▶ HOW TO COMPLETE THIS TASK
Count the lines below that contain the word "doubtful", and reply with that number alone.

▶ Saved data entries

..........

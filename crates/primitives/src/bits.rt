ghost use Rattle.std.specs.Prelude.{◌≡◌};
ghost use Rattle.primitives.specs.Holds.{has_bit};

/// Whether the bit of that place is set.
pub fn has_bit(bits: u8, place: u8) -> bool
    ensures { result ≡ has_bit bits place }
{
    place < 8 && (bits >> place) & 1 == 1
}
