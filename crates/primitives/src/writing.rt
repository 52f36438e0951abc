//! Writes words and numbers.
ghost use Rattle.std.specs.Prelude.{◌≡◌, ◌++◌, ◌∷◌, OnOk, decimal, map, if◌then◌else◌};
ghost use Rattle.primitives.specs.Tables.{flag_names, name_list, name_of, proto_names, state_names};
ghost use Rattle.primitives.specs.Words.{flags_text};
ghost use Rattle.primitives.specs.inner.Rows.{named};

use crate::bits::has_bit;
use crate::tables::{FLAGS, PROTOCOLS, STATES, Word};
use std::alloc::AllocError;

/// Appends a number in decimal digits. Without memory `out` may have a part of them.
pub fn append_number(n: u128, out: &mut Vec<u8>) -> Result<(), AllocError>
    ensures { OnOk result (out.new.items ≡ out.old.items ++ decimal n) }
{
    if n >= 10 {
        append_number(n / 10, out)?;
    }
    out.push(b'0' + (n % 10) as u8)?;
    Ok(())
}

/// Appends the first name of the number, or the number.
fn append_named(words: &[Word], number: u8, out: &mut Vec<u8>) -> Result<(), AllocError>
    ensures { OnOk result (out.new.items ≡ out.old.items ++ name_of (map named words.now) number) }
{
    for word in words {
        if word.number == number {
            return out.extend_from_slice(word.name);
        }
    }
    append_number(number as u128, out)
}

/// Appends a protocol: its first name, or its number. Without memory `out` may have a part of it.
#[tactic(auto, unfolding(crate::specs::Tables::proto_names))]
pub fn append_proto(number: u8, out: &mut Vec<u8>) -> Result<(), AllocError>
    ensures { OnOk result (out.new.items ≡ out.old.items ++ name_of proto_names number) }
{
    append_named(&PROTOCOLS, number, out)
}

/// Appends a state's name, or the number where no state has it. Without memory `out` may have a part of it.
#[tactic(auto, unfolding(crate::specs::Tables::state_names))]
pub fn append_state(number: u8, out: &mut Vec<u8>) -> Result<(), AllocError>
    ensures { OnOk result (out.new.items ≡ out.old.items ++ name_of state_names number) }
{
    append_named(&STATES, number, out)
}

/// Appends a part of a list, after a comma unless it is the first.
fn append_part(part: &[u8], is_first: bool, out: &mut Vec<u8>) -> Result<(), AllocError>
    ensures { OnOk result (out.new.items ≡ out.old.items ++ (if is_first then part.now else 44 ∷ part.now)) }
{
    if is_first {
        return out.extend_from_slice(part);
    }
    out.push(b',')?;
    out.extend_from_slice(part)
}

/// Appends the names of the bits that are set, with commas between them.
fn append_list(words: &[Word], bits: u8, out: &mut Vec<u8>) -> Result<(), AllocError>
    ensures { OnOk result (out.new.items ≡ out.old.items ++ name_list (map named words.now) bits) }
{
    let mut is_first = true;
    for word in words {
        if has_bit(bits, word.number) {
            append_part(word.name, is_first, out)?;
            is_first = false;
        }
    }
    Ok(())
}

/// Appends the names of the states whose bits are set, in the order of their numbers with commas between them. Without
/// memory `out` may have a part of them.
#[tactic(auto, unfolding(crate::specs::Tables::state_names))]
pub fn append_states(states: u8, out: &mut Vec<u8>) -> Result<(), AllocError>
    ensures { OnOk result (out.new.items ≡ out.old.items ++ name_list state_names states) }
{
    append_list(&STATES, states, out)
}

/// Appends the names of flags.
#[tactic(auto, unfolding(crate::specs::Tables::flag_names))]
fn append_flag_list(flags: u8, out: &mut Vec<u8>) -> Result<(), AllocError>
    ensures { OnOk result (out.new.items ≡ out.old.items ++ name_list flag_names flags) }
{
    append_list(&FLAGS, flags, out)
}

/// Appends the names of flags of tcp that are set, in the order FIN, SYN, RST, PSH, ACK, URG with commas between them,
/// and NONE for 0. Without memory `out` may have a part of them.
pub fn append_flags(flags: u8, out: &mut Vec<u8>) -> Result<(), AllocError>
    ensures { OnOk result (out.new.items ≡ out.old.items ++ flags_text flags) }
{
    if flags == 0 {
        out.extend_from_slice(b"NONE")
    } else {
        append_flag_list(flags, out)
    }
}
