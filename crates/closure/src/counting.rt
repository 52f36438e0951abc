ghost use Rattle.std.specs.Prelude.{◌≡◌, ◌+◌, ◌-◌, ◌^◌, ◌<◌, ℕ, min, IfOk};
ghost use Rattle.closure.specs.inner.Counts as spec;
ghost use Rattle.closure.specs.inner.Counts.{capped, rules_items};
ghost use Rattle.closure.specs.inner.Counted.{AreCounted};
ghost use Rattle.closure.specs.Rewriting.{chain_tree, nodes};
ghost use Rattle.rewriting.specs.Table.{level};
ghost use Rattle.closure.specs.Checked.{IsRankedWithPolicy};

use crate::ranks::{has_rank, rank_of};
use chain_graph::Ranked;
use fw_rule::{Dump, Rule, Side, doubtful};
use match_expr::Primitive;
use rewriting::{Mode, Row, kind_of, row_of};
use std::alloc::{AllocError, Global};

/// The numbers of items of a list of rules: in the hard mode and in the softest one. A sum stops at 2^64 - 1.
#[derive(Clone, Copy, Debug, PartialEq, Eq)]
pub struct Counts {
    pub hard: u64,
    pub soft: u64,
}

/// Of no rules.
const NONE: Counts = Counts { hard: 0, soft: 0 };

/// The number that counts in a mode.
fn in_mode(counts: Counts, mode: Mode) -> u64
    ensures { result ≡ spec.in_mode counts mode }
{
    match mode {
        Mode::Hard => counts.hard,
        Mode::Soft(0) => counts.soft,
        Mode::Soft(_) => counts.hard,
    }
}

/// The numbers of a chain in a table; 0 past its end.
fn entry(table: &[Counts], chain: u32) -> Counts
    ensures { result ≡ spec.entry table.now chain }
{
    match table.get(chain as usize) {
        Some(counts) => *counts,
        None => NONE,
    }
}

/// The items of a row and of the rest.
fn row_items(row: Row, mode: Mode, table: &[Counts], rest: Counts) -> u64
    ensures { result ≡ capped (spec.row_items (λ (chain : ℕ). spec.in_mode (spec.entry table.now chain)) (spec.in_mode rest) mode row) }
{
    let behind = in_mode(rest, mode);
    match row {
        Row::Skip => behind,
        Row::Decide(_) => behind.saturating_add(1),
        Row::Leave(_) => behind.saturating_add(1),
        Row::LeaveLater => {
            let inner = in_mode(rest, Mode::Soft(0));
            inner.saturating_add(behind).saturating_add(2)
        }
        Row::Run(callee, inner) => {
            let counts = entry(table, callee);
            let called = in_mode(counts, inner);
            called.saturating_add(behind).saturating_add(1)
        }
        Row::RunThenLeave(target, inner) => {
            let counts = entry(table, target);
            let run = in_mode(counts, inner);
            run.saturating_add(behind).saturating_add(2)
        }
        Row::RunLater(target) => {
            let counts = entry(table, target);
            let run = in_mode(counts, Mode::Soft(1));
            let inner = in_mode(rest, Mode::Soft(0));
            inner
                .saturating_add(run)
                .saturating_add(behind)
                .saturating_add(4)
        }
    }
}

/// The items of a rule in a mode, and of the rest.
fn rule_items<P: Primitive>(
    side: Side,
    rule: &Rule<P>,
    mode: Mode,
    table: &[Counts],
    rest: Counts,
) -> u64
    requires { level mode + 1 < 2 ^ 32 }
    ensures { result ≡ spec.rule_items side table.now rule.now rest mode }
{
    let kind = kind_of(side, &rule.action);
    let doubt = doubtful(rule);
    let row = row_of(side, kind, doubt, mode);
    row_items(row, mode, table, rest)
}

/// The items of a chain's rules, in both modes. The last rule is taken first.
fn rules_counts<P: Primitive>(side: Side, rules: &[Rule<P>], table: &[Counts]) -> Counts
    ensures { result ≡ rules_items side table.now rules.now }
{
    let mut rest = NONE;
    for passed in 0..rules.len() {
        let rule = &rules[rules.len() - 1 - passed];
        let hard = rule_items(side, rule, Mode::Hard, table, rest);
        let soft = rule_items(side, rule, Mode::Soft(0), table, rest);
        rest = Counts { hard, soft };
    }
    rest
}

/// Puts the numbers of the chains of a rank into the table, which has those of the lesser ranks.
fn count_rank<P: Primitive>(
    dump: &Dump<P>,
    ranked: &Ranked,
    side: Side,
    rank: u32,
    table: &mut [Counts],
)
    requires checked { IsRankedWithPolicy dump.now ranked.now.entry ranked.now }
    requires lesser { AreCounted side dump.now ranked.now (rank - 1) table.old }
    ensures { AreCounted side dump.now ranked.now rank table.new }
{
    let chains = dump.chains.as_slice();
    for chain in 0..chains.len() {
        if has_rank(ranked, chain, rank) {
            let counts = rules_counts(side, chains[chain].rules.as_slice(), table);
            table[chain] = counts;
        }
    }
}

/// The number of items of a chain's tree at all depths. It stops at 2^64 - 1. Nothing is built: the rules of each chain
/// that is reached are summed up once, a chain before those that lead to it.
pub fn count_nodes<P: Primitive>(
    alloc: Global,
    dump: &Dump<P>,
    ranked: &Ranked,
    chain: u32,
    side: Side,
) -> Result<u64, AllocError>
    requires { IsRankedWithPolicy dump.now chain ranked.now }
    ensures { IfOk result (λ n. n ≡ min (nodes (chain_tree side dump.now chain)) (2 ^ 64 - 1)) }
{
    let mut table = vec![in alloc; NONE; dump.chains.as_slice().len()]?;
    let top = rank_of(ranked, chain);
    for below in 0..top {
        count_rank(dump, ranked, side, below + 1, &mut table);
    }
    let counts = entry(table.as_slice(), chain);
    Ok(counts.hard)
}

..........

▶ SOLUTION FOR THIS TASK
2